Monumento à Barbárie nos Vinhedos Gaúchos. Por Viegas Fernandes da Costa

O documento produzido pela CIC-BG não é uma vergonha, mas sim verdadeiro monumento à barbárie.

 

Foto: Ignacio Blanco.

Por Viegas Fernandes da Costa.

Após a constatação de trabalho análogo à escravidão de mais de uma centena de seres humanos nas vinícolas Aurora, Salton e Garibaldi, o Centro da Indústria, Comércio e Serviços de Bento Gonçalves (CIC-BG) publicou uma nota de apoio às vinícolas que soa como um atentado ao bom senso, aos direitos fundamentais do ser humano e à decência.

Ao invés de condenar as empresas e empresários que promoveram a comprovada exploração de trabalhadores em condição análoga à escravidão, e de se solidarizar com as vítimas, a CIC-BG justificou a prática obscena e criminosa da escravidão na falta de “mão de obra” local. Na perspectiva preconceituosa, escravocrata e ultraliberal dos empresários gaúchos que produziram o documento, a falta de trabalhadores para colher uvas, por exemplo, seria motivada pelas políticas sociais de distribuição de renda.

Em 1939, em outro município do Rio Grande do Sul chamado Marcelino Ramos, uma organização chamada Associação Brasil Livre publicou documento no qual propunha ao Governo Federal a construção em território gaúcho de campo de concentração que serviria como destino final para judeus, doentes crônicos, condenados pela justiça, alienados mentais e idosos sem posses. Agora, em 2023, outra organização das elites gaúchas torna pública sua visão de mundo fascista, defendendo o fim de políticas sociais para poder subjugar de modo vil seus trabalhadores rurais.

Afinal, se uma renda de R$ 600,00 paga pelo Bolsa Família é a razão para a falta de mão de obra nas vinícolas do Rio Grande do Sul, quais não são as condições de trabalho e renda daquele mercado local?

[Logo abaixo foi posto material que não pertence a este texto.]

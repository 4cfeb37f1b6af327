//! Adds the folders of a service as systemd 252 and 257 do (systemd.exec(5), RuntimeDirectory=, StateDirectory=).
ghost use Rattle.std.specs.Prelude.{◌≡◌, ◌++◌, [], ◌∷◌, codes, IfOk, OnOk, string_bytes};
ghost use Rattle.std.specs.Option.{option_map};
ghost use Rattle.mount_settings.specs.systemd.Folders.{shown_path, private_below, runtime_folder, folder_of_users, private_path, stands_for, chosen_path, from_source, placed_folder, brought_folders};

use crate::effects::has_row;
use crate::protections::Switches;
use crate::systemd::keys::FurtherKeys;
use crate::written::WrittenPath;
use abs_path::AbsPath;
use path_settings::{Kind, Mention, PathKey, read_setting_path};
use site_table::SiteTable;
use std::alloc::{AllocError, Global};

// Returns the path of the object that a mention shows.
fn shown_path(mention: &Mention) -> &AbsPath
    ensures { result.now ≡ shown_path mention.now }
{
    mention.kind.source().unwrap_or(&mention.path)
}

fn private_text(alloc: Global, folder: &str, rest: &str) -> Result<String, AllocError>
    ensures { IfOk result (λ text. string_bytes text ≡ folder.now ++ codes "/private" ++ rest.now) }
{
    let mut text = String::new(alloc);
    text.push_str(folder)?;
    text.push_str("/private")?;
    text.push_str(rest)?;
    Ok(text)
}

// Returns the path below `private` that a dynamic user has in place of a path below this folder.
fn private_below(alloc: Global, folder: &str, path: &AbsPath) -> Result<Option<AbsPath>, AllocError>
    ensures { IfOk result (λ private. private ≡ private_below folder.now path.now) }
{
    let Some(front) = read_setting_path(alloc, folder)? else {
        return Ok(None);
    };
    let Some(rest) = front.rest(path) else {
        return Ok(None);
    };
    let text = private_text(alloc, folder, rest)?;
    read_setting_path(alloc, &text)
}

fn runtime_folder(kept: bool) -> Option<&'static str>
    ensures { option_map (λ folder. folder.now) result ≡ runtime_folder kept }
{
    if kept { Some("/run") } else { None }
}

// Returns the folder of a key whose folder `private` holds the folders of dynamic users.
fn folder_of_users(kept: bool, key: PathKey) -> Option<&'static str>
    ensures { option_map (λ folder. folder.now) result ≡ folder_of_users kept key }
{
    match key {
        PathKey::StateDirectory => Some("/var/lib"),
        PathKey::CacheDirectory => Some("/var/cache"),
        PathKey::LogsDirectory => Some("/var/log"),
        PathKey::RuntimeDirectory => runtime_folder(kept),
        _ => None,
    }
}

fn private_path(
    alloc: Global,
    switches: Switches,
    keys: FurtherKeys,
    path: &WrittenPath,
) -> Result<Option<AbsPath>, AllocError>
    ensures { IfOk result (λ private. private ≡ private_path switches keys path.now) }
{
    if !switches.dynamic_user {
        return Ok(None);
    }
    match folder_of_users(keys.keeps_runtime, path.key) {
        Some(folder) => private_below(alloc, folder, shown_path(&path.mention)),
        None => Ok(None),
    }
}

fn stands_for(site: &SiteTable, private: &AbsPath, own: &AbsPath) -> bool
    ensures { result ≡ stands_for site.now private.now own.now }
{
    has_row(site, private) && !has_row(site, own)
}

fn chosen_path(
    alloc: Global,
    site: &SiteTable,
    own: &AbsPath,
    private: Option<AbsPath>,
) -> Result<AbsPath, AllocError>
    ensures { IfOk result (λ path. path ≡ chosen_path site.now own.now private) }
{
    match private {
        Some(private) if stands_for(site, &private, own) => Ok(private),
        _ => own.copy(alloc),
    }
}

fn from_source(alloc: Global, source: AbsPath, kind: &Kind) -> Result<Kind, AllocError>
    ensures { IfOk result (λ from. from ≡ from_source source kind.now) }
{
    match kind {
        Kind::Bind {
            source: _,
            read_only,
            recursive,
        } => Ok(Kind::Bind {
            source,
            read_only: *read_only,
            recursive: *recursive,
        }),
        other => other.copy(alloc),
    }
}

fn placed_folder(
    alloc: Global,
    site: &SiteTable,
    switches: Switches,
    keys: FurtherKeys,
    path: &WrittenPath,
) -> Result<Mention, AllocError>
    ensures { IfOk result (λ mention. mention ≡ placed_folder site.now switches keys path.now) }
{
    let mention = &path.mention;
    let private = private_path(alloc, switches, keys, path)?;
    let source = chosen_path(alloc, site, shown_path(mention), private)?;
    let kind = from_source(alloc, source, &mention.kind)?;
    Ok(Mention {
        path: mention.path.copy(alloc)?,
        kind,
        optional: mention.optional,
    })
}

// Adds the folder of a path, if the path is a folder and the site has it.
fn bring_folder(
    alloc: Global,
    site: &SiteTable,
    switches: Switches,
    keys: FurtherKeys,
    path: &WrittenPath,
    mentions: &mut Vec<Mention>,
) -> Result<(), AllocError>
    ensures { OnOk result (mentions.new.items ≡ mentions.old.items ++ brought_folders site.now switches keys (path.now ∷ [])) }
{
    if !path.key.is_implied() {
        return Ok(());
    }
    let mention = placed_folder(alloc, site, switches, keys, path)?;
    if has_row(site, shown_path(&mention)) {
        mentions.push(mention)?;
    }
    Ok(())
}

/// Adds the folders that the site has.
pub(crate) fn bring_folders(
    alloc: Global,
    site: &SiteTable,
    switches: Switches,
    keys: FurtherKeys,
    paths: &[WrittenPath],
    mentions: &mut Vec<Mention>,
) -> Result<(), AllocError>
    ensures { OnOk result (mentions.new.items ≡ mentions.old.items ++ brought_folders site.now switches keys paths.now) }
{
    for path in paths {
        bring_folder(alloc, site, switches, keys, path, mentions)?;
    }
    Ok(())
}
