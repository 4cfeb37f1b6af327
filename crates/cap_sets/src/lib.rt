//! Holds sets of Linux capabilities, and names capabilities (capabilities(7)).
//!
//! A `CapSet` holds numbers from 0 to 40: `CapSet::empty().with(21).contains(21)` is true. It has the operations of
//! sets, and no call takes memory.
#![tactic(auto)]

mod bits;
pub mod laws;
mod names;
mod set;

pub use linux_numbers;
pub use set::CapSet;
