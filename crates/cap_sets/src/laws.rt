//! States the laws of sets of capabilities. Each is the contract of a function that does nothing.

ghost use Rattle.std.specs.Prelude.{◌≡◌, ℕ, ◌≤◌, codes};
ghost use Rattle.linux_numbers.specs.Capabilities.{cap_setgid, cap_setuid, cap_setpcap, cap_sys_module, cap_sys_rawio, cap_sys_admin, cap_sys_time, cap_mknod, cap_syslog, cap_wake_alarm, cap_last_cap};
ghost use Rattle.cap_sets.specs.Sets.{has, IsWithin};
ghost use Rattle.cap_sets.specs.Names.{name_of, in_lower_case};

/// A set is determined by its members, and `within` is a partial order.
pub fn set_order()
    ensures same_members { (one other : ℕ) → ((number : ℕ) → has one number ≡ has other number) → one ≡ other }
    ensures within_itself { (one : ℕ) → IsWithin one one }
    ensures each_within_the_other { (one other : ℕ) → IsWithin one other → IsWithin other one → one ≡ other }
    ensures within_through { (one other third : ℕ) → IsWithin one other → IsWithin other third → IsWithin one third }
{}

/// Any two capabilities have different names, even without regard to case.
pub fn distinct_names()
    ensures distinct { (one other : ℕ) → one ≤ 40 → other ≤ 40
        → in_lower_case (name_of one) ≡ in_lower_case (name_of other) → one ≡ other }
{}

/// The capabilities that rules name by number have these names here.
#[tactic(auto, unfolding(crate::specs::Names::name_of))]
pub fn numbers_have_their_names()
    ensures setgid { name_of cap_setgid ≡ codes "CAP_SETGID" }
    ensures setuid { name_of cap_setuid ≡ codes "CAP_SETUID" }
    ensures setpcap { name_of cap_setpcap ≡ codes "CAP_SETPCAP" }
    ensures sys_module { name_of cap_sys_module ≡ codes "CAP_SYS_MODULE" }
    ensures sys_rawio { name_of cap_sys_rawio ≡ codes "CAP_SYS_RAWIO" }
    ensures sys_admin { name_of cap_sys_admin ≡ codes "CAP_SYS_ADMIN" }
    ensures sys_time { name_of cap_sys_time ≡ codes "CAP_SYS_TIME" }
    ensures mknod { name_of cap_mknod ≡ codes "CAP_MKNOD" }
    ensures syslog { name_of cap_syslog ≡ codes "CAP_SYSLOG" }
    ensures wake_alarm { name_of cap_wake_alarm ≡ codes "CAP_WAKE_ALARM" }
    ensures last { name_of cap_last_cap ≡ codes "CAP_CHECKPOINT_RESTORE" }
{}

Ao invés de justificar a escravidão moderna promovida entre seus associados, o Centro da Indústria, Comércio e Serviços de Bento Gonçalves deveria vir a público para 1) condenar a prática da exploração do trabalho análogo á escravidão; 2) solidarizar-se com as vítimas, neste caso, os trabalhadores e não os empresários; 3) promover ações de reparação; 4) criar um programa de combate a toda forma de exploração ilegal do trabalho por seus associados.  O documento produzido pela CIC-BG não é uma vergonha, mas sim verdadeiro monumento à barbárie.

Transcrevo abaixo trecho do documento:

“Situações como esta, infelizmente, estão também relacionadas a um problema que há muito tempo vem sendo enfatizado e trabalhado pelo CIC-BG e Poder Público local: a falta de mão de obra e a necessidade de investir em projetos e iniciativas que permitam minimizar este grande problema. Há uma larga parcela da população com plenas condições produtivas e que, mesmo assim, encontra-se inativa, sobrevivendo através de um sistema assistencialista que nada tem de salutar para a sociedade.”

 

Viegas Fernandes da Costa é docente e escritor.